DAMMIT! Now I've got a Police song going through my head!
Posted by: Big Al | June 23, 2006 at 06:22 AM
Thankfully, that song turned out to be good, because someone else got an even worse stuck in my head shortly after my post.
Posted by: Bronze Dog | June 23, 2006 at 06:44 AM
Well, everyone thinks their woo is best. Don't ask how, but I got involved with a psychic. She would babble for hours on how her ethereal body was exceedingly beautiful, how her dreams and precognitions were always fulfilled. So I get a tad tired and try to chip in with my bit of experience.
I told her how, back in my freshman year, I was sitting in the library and got a bit of a panick attack, imaginging how nasty it would be if people with guns burst in. Nothing too strange, since everyone can be jumpy when sitting with their back to the door. Anyway, the date was 9.11.2001.

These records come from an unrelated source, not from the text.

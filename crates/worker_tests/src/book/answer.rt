//! Calls of a book and their answers, as plain data.

use history_book::{BeginFault, Clash, CommitFault, Difference, EndFault, Ticket, Unused};
use prog_run::Run;
use prog_tree::End;

/// A call, with the number of its instance where it is of one.
#[derive(Clone, Copy)]
pub enum Call {
    /// A program and its arguments.
    Begin(usize, &'static [i64]),
    /// The same as of so many commits.
    BeginAt(u64, usize, &'static [i64]),
    /// Goes on with the instance's run to its end, with what it asks for read in the book.
    Run(usize),
    Commit(usize),
    End(usize),
    Withdraw(usize),
    Vacuum,
}

/// What a call answers.
#[derive(Clone, Copy, PartialEq, Eq)]
pub enum Answer {
    /// With the ticket's number and start.
    Begun(u64, u64),
    NotBegun(BeginFault),
    Ran(End),
    Committed(u64),
    Clashed(Clash),
    Aborted,
    Withdrawn,
    Vacuumed(u64),
    NoSuchTicket,
    /// The run has not ended as it has to.
    WrongEnd,
    ForeignRun(Difference),
    Memory,
    /// The instance is not at hand.
    Nothing,
}

/// An instance of the tests.
pub type Instance<'a> = (Ticket, Run<'a>);

fn instance_of<'a>(unused: Unused<'a>) -> Option<Instance<'a>> {
    let Unused { ticket, run } = unused;
    Some((ticket, run))
}

/// What came of a commit that was refused, and the instance where it came back.
pub fn commit_refused<'a>(fault: CommitFault<'a>) -> (Answer, Option<Instance<'a>>) {
    match fault {
        CommitFault::NoSuchTicket(unused) => (Answer::NoSuchTicket, instance_of(unused)),
        CommitFault::NotReady(unused) => (Answer::WrongEnd, instance_of(unused)),
        CommitFault::ForeignRun(place, unused) => (Answer::ForeignRun(place), instance_of(unused)),
        CommitFault::Memory(unused) => (Answer::Memory, instance_of(unused)),
        CommitFault::Clashed(clash) => (Answer::Clashed(clash), None),
    }
}

/// The same of an end.
pub fn end_refused<'a>(fault: EndFault<'a>) -> (Answer, Option<Instance<'a>>) {
    match fault {
        EndFault::NoSuchTicket(unused) => (Answer::NoSuchTicket, instance_of(unused)),
        EndFault::NotAborted(unused) => (Answer::WrongEnd, instance_of(unused)),
        EndFault::ForeignRun(place, unused) => (Answer::ForeignRun(place), instance_of(unused)),
        EndFault::Memory(unused) => (Answer::Memory, instance_of(unused)),
    }
}
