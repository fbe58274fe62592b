//! A book that is shared or not, with the same calls.

use crate::book::answer::{Answer, Instance, commit_refused, end_refused};
use history_book::{BeginFault, Book, NoSuchTicket, ScanFault, Ticket};
use prog_run::Run;
use prog_tree::{Cell, Region, Sequence};
use si_workers::SharedBook;
use std::sync::Wait;

#[derive(Drop)]
pub enum Shelf<'a> {
    Alone(Book<'a>),
    Shared(SharedBook<'a>),
}

impl<'a> Shelf<'a> {
    pub fn begin(
        &mut self,
        rt: &impl Wait,
        program: usize,
        args: &[i64],
    ) -> Result<Ticket, BeginFault> {
        match self {
            Shelf::Alone(book) => book.begin(program, args),
            Shelf::Shared(book) => book.begin(rt, program, args),
        }
    }

    pub fn begin_at(
        &mut self,
        rt: &impl Wait,
        start: u64,
        program: usize,
        args: &[i64],
    ) -> Result<Ticket, BeginFault> {
        match self {
            Shelf::Alone(book) => book.begin_at(start, program, args),
            Shelf::Shared(book) => book.begin_at(rt, start, program, args),
        }
    }

    pub fn get(
        &self,
        rt: &impl Wait,
        ticket: &Ticket,
        cell: &Cell,
    ) -> Result<Option<i64>, NoSuchTicket> {
        match self {
            Shelf::Alone(book) => book.get(ticket, cell),
            Shelf::Shared(book) => book.get(rt, ticket, cell),
        }
    }

    pub fn scan(
        &self,
        rt: &impl Wait,
        ticket: &Ticket,
        region: &Region,
    ) -> Result<Sequence<(Cell, i64)>, ScanFault> {
        match self {
            Shelf::Alone(book) => book.scan(ticket, region),
            Shelf::Shared(book) => book.scan(rt, ticket, region),
        }
    }

    /// Tries to commit an instance, which comes back where it is not ended.
    pub fn commit(
        &mut self,
        rt: &impl Wait,
        ticket: Ticket,
        run: Run<'a>,
    ) -> (Answer, Option<Instance<'a>>) {
        let committed = match self {
            Shelf::Alone(book) => book.commit(ticket, run),
            Shelf::Shared(book) => book.commit(rt, ticket, run),
        };
        match committed {
            Ok(receipt) => (Answer::Committed(receipt.number()), None),
            Err(fault) => commit_refused(fault),
        }
    }

    /// Tries to end an instance, which comes back where it is not ended.
    pub fn end(
        &mut self,
        rt: &impl Wait,
        ticket: Ticket,
        run: Run<'a>,
    ) -> (Answer, Option<Instance<'a>>) {
        let ended = match self {
            Shelf::Alone(book) => book.end(ticket, run),
            Shelf::Shared(book) => book.end(rt, ticket, run),
        };
        match ended {
            Ok(()) => (Answer::Aborted, None),
            Err(fault) => end_refused(fault),
        }
    }

    pub fn withdraw(&mut self, rt: &impl Wait, ticket: Ticket) -> Result<(), Ticket> {
        match self {
            Shelf::Alone(book) => book.withdraw(ticket),
            Shelf::Shared(book) => book.withdraw(rt, ticket),
        }
    }

    pub fn vacuum(&mut self, rt: &impl Wait) -> u64 {
        match self {
            Shelf::Alone(book) => book.vacuum(),
            Shelf::Shared(book) => book.vacuum(rt),
        }
    }

    pub fn into_book(self) -> Book<'a> {
        match self {
            Shelf::Alone(book) => book,
            Shelf::Shared(book) => book.into_book(),
        }
    }
}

"Did I in any way predict what happened or had a remote feeling of it?"
"No, my dear, this is just an expression of your internal fearful and insecure nature," she replied, Yoda style.
Yet I'm supposed to believe when she says "Something is going to happen in Moscow ten days from now". Well, Moscow is a big city in a country not unacquainted with terror and crime- the possibility of "something" happening is not that distant.